Где было необходимо, я коротко изложил научную подоплеку историй.
Источники, исходные либо вторичные, приводятся в конце каждой главки. Надеюсь, что случайного читателя, который сочтет увлекательным этот сборник “блестящих игрушек истории” (как выразился Уинстон Черчилль), чащи науки заманят еще глубже — туда, где он сможет вознаградить себя множеством вещей скрытых, но удивительных.
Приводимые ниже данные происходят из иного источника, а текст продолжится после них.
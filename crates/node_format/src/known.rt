//! Bytes that are known to be a node's, gone through from left to right without being read first.

ghost use Rattle.std.specs.Prelude.{◌≡◌, ◌++◌, ℕ, List, length};
ghost use Rattle.tuple_codec.specs.Nodes.{IsItem, IsNode, Item, Node, item_bytes, items_bytes, leaf_item, node_bytes};

use crate::fields::{inner_at, leaf_at};
use crate::scan::header_at;
use std::marker::Model;
use tuple_codec::Address;

/// A node that lies in bytes which are known to be a node's, so that they needn't be read: making it takes the same time for
/// each node. Its items are gone through by [`first_row`] or [`first_name`].
#[derive(Drop)]
pub struct KnownNode<'a> {
    level: u8,
    count: u16,
    items: &'a [u8],
}

impl<'a> Model for KnownNode<'a> {
    ghost use Rattle.tuple_codec.specs.Nodes.{Node};
    ghost use Rattle.node_format.specs.Marks.{node_from};
    ghost use Rattle.node_format.specs.Known.{IsKnown};

    ghost Value = { Node };

    ghost view = { λ n. node_from n.level n.count n.items.now };

    ghost invariant = { λ n. IsKnown n.level n.count n.items.now };
}

impl<'a> KnownNode<'a> {
    /// The node whose bytes these are.
    pub fn of(bytes: &'a [u8]) -> KnownNode<'a>
        requires { (node : Node) × IsNode node × (bytes.now ≡ node_bytes node) }
        ensures { (node : Node) → IsNode node → bytes.now ≡ node_bytes node → result ≡ node }
    {
        match header_at(bytes) {
            Some((level, count, items)) => KnownNode {
                level,
                count,
                items,
            },
            None => unreachable!(),
        }
    }

    /// The level: 0 for a leaf.
    pub fn level(&self) -> u8
        ensures { result ≡ self.now.level }
    {
        self.level
    }

    /// How many items the node has.
    pub fn count(&self) -> u16
        ensures { result ≡ length self.now.items }
    {
        self.count
    }

    /// The bytes of all items.
    pub fn items(&self) -> &'a [u8]
        ensures bytes { result.now ≡ items_bytes self.now.level self.now.items }
        ensures node { IsNode self.now }
    {
        self.items
    }
}

/// The row at the front of bytes: its key and its value. It takes 4 bytes more than these.
pub fn first_row(bytes: &[u8]) -> (&[u8], &[u8])
    requires { (item : Item) × (rest : List ℕ) × IsItem 0 item × (bytes.now ≡ item_bytes 0 item ++ rest) }
    ensures { (item : Item) (rest : List ℕ) → IsItem 0 item → bytes.now ≡ item_bytes 0 item ++ rest → item ≡ leaf_item result.0.now result.1.now }
{
    match leaf_at(bytes) {
        Some((row, _)) => row,
        None => unreachable!(),
    }
}

/// The name at the front of bytes: the last key below, the address of the node below, and how many rows that has. It takes
/// 30 bytes more than its key.
pub fn first_name(bytes: &[u8]) -> (&[u8], Address, u64)
    requires { (item : Item) × (rest : List ℕ) × IsItem 1 item × (bytes.now ≡ item_bytes 1 item ++ rest) }
    ensures { (item : Item) (rest : List ℕ) → IsItem 1 item → bytes.now ≡ item_bytes 1 item ++ rest → item ≡ record { key = result.0.now; body = result.1.0; rows = result.2 } }
{
    match inner_at(bytes) {
        Some((item, _)) => (item.key, Address::from_slice(item.body), item.rows),
        None => unreachable!(),
    }
}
Я благодарен за множество замечаний и поправок доктору Бернарду Диксону и преподобному доктору Джону Полкингорну и в особенности доктору Майклу Роджерсу из Oxford University Press.Эта книга — его идея, и без его поддержки и настоятельных советов она не была бы даже начата, а тем более закончена. Сара Банни с педантизмом мастера отнеслась к нелегкому делу редактирования этой рукописи. Ее острый глаз и виртуозное владение научным и историческим инструментарием позволили избежать многих фактических ошибок и стилистических огрехов.
Великое зловоние
У непосвященных химия ассоциируется с отталкивающей вонью — и, без сомнения, есть такие вещества, чьи запахи намертво прилипают к рукам и одежде. Профессора Уильяма Генри Перкина-младшего, говорят, однажды даже выгнали из автобуса, на котором он возвращался домой из лаборатории, где работал с дурно пахнущими аминами. Но мало какая история может сравниться с этой, рассказанной Джоном Ридом, профессором химии в Университете Сент-Эндрюса.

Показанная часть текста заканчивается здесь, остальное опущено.